▶ **WHAT YOU NEED TO DO**
The task calls for each line of the records below in which the word "items" appears.

START DATA SECTION

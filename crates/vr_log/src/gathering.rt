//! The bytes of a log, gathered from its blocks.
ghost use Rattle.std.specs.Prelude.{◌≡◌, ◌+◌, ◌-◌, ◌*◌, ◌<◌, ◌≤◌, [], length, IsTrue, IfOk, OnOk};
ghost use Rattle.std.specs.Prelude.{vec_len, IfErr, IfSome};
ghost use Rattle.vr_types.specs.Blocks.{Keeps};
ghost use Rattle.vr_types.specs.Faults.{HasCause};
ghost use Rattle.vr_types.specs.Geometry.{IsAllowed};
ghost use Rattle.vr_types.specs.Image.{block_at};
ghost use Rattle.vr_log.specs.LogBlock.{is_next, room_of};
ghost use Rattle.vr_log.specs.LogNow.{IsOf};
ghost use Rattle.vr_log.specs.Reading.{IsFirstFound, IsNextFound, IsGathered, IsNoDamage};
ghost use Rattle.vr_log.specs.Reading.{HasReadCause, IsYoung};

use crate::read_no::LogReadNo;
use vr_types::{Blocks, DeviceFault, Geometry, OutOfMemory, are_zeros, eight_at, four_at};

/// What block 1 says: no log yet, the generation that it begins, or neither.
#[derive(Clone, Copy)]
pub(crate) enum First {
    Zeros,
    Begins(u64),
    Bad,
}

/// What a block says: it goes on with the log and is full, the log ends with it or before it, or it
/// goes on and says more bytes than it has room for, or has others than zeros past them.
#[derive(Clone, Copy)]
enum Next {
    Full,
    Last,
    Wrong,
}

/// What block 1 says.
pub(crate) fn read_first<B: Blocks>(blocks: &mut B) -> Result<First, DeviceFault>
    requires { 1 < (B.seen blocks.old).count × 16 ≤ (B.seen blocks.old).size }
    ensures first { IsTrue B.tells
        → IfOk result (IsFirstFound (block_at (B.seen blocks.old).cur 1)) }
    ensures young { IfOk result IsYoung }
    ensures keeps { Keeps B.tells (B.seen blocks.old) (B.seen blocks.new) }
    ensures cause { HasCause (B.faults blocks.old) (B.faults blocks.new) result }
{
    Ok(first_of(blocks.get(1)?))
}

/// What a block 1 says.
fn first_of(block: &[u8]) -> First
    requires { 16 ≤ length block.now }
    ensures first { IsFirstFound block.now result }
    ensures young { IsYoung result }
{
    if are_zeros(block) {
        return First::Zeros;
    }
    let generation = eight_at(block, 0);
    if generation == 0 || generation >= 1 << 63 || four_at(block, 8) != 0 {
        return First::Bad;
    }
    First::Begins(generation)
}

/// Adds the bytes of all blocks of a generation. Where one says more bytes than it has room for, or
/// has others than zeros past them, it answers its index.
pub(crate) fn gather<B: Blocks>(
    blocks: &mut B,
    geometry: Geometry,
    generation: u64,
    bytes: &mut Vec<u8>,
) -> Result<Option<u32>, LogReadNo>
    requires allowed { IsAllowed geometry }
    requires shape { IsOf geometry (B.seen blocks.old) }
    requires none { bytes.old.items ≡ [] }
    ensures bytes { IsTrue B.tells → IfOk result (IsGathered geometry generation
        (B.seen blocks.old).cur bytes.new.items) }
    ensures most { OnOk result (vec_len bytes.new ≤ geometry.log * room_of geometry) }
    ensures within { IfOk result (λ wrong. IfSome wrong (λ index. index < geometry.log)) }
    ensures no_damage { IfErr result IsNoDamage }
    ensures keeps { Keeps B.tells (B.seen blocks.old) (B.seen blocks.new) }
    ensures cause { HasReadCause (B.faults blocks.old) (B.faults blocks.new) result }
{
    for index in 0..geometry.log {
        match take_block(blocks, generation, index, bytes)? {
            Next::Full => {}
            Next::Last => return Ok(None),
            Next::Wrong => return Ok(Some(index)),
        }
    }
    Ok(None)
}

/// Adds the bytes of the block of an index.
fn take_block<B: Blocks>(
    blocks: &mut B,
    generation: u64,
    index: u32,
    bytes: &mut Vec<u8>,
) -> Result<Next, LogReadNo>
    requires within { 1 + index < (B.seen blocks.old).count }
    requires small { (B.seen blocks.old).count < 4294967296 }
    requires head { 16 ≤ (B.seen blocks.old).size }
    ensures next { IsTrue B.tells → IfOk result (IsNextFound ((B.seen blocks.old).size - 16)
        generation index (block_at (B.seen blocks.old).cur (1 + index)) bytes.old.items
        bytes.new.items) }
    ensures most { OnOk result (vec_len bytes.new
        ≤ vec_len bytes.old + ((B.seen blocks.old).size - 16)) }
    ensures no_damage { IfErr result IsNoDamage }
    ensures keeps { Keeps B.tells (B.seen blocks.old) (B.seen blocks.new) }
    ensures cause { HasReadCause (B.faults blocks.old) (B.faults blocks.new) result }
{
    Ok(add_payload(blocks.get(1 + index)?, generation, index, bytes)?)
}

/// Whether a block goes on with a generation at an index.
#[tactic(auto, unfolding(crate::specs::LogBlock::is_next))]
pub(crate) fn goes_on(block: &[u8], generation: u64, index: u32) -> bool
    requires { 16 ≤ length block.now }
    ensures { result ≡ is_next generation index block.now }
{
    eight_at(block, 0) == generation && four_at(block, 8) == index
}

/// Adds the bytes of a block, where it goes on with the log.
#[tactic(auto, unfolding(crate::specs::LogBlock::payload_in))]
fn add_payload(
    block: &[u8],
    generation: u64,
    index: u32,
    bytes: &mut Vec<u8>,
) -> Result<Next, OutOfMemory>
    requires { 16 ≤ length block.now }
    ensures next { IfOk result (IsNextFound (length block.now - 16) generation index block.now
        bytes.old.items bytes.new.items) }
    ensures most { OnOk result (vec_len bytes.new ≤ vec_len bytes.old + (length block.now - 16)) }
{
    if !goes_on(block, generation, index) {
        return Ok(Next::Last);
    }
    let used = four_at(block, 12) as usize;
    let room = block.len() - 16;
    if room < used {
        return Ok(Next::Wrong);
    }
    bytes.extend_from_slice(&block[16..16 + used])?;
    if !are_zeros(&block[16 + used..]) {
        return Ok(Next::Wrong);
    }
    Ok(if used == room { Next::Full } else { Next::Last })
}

END DATA SECTION

▶ **WRITTEN RESPONSE**
    requires none { bytes.old.items ≡ [] }
        (B.seen blocks.old).cur bytes.new.items) }
        generation index (block_at (B.seen blocks.old).cur (1 + index)) bytes.old.items
        bytes.new.items) }
        bytes.old.items bytes.new.items) }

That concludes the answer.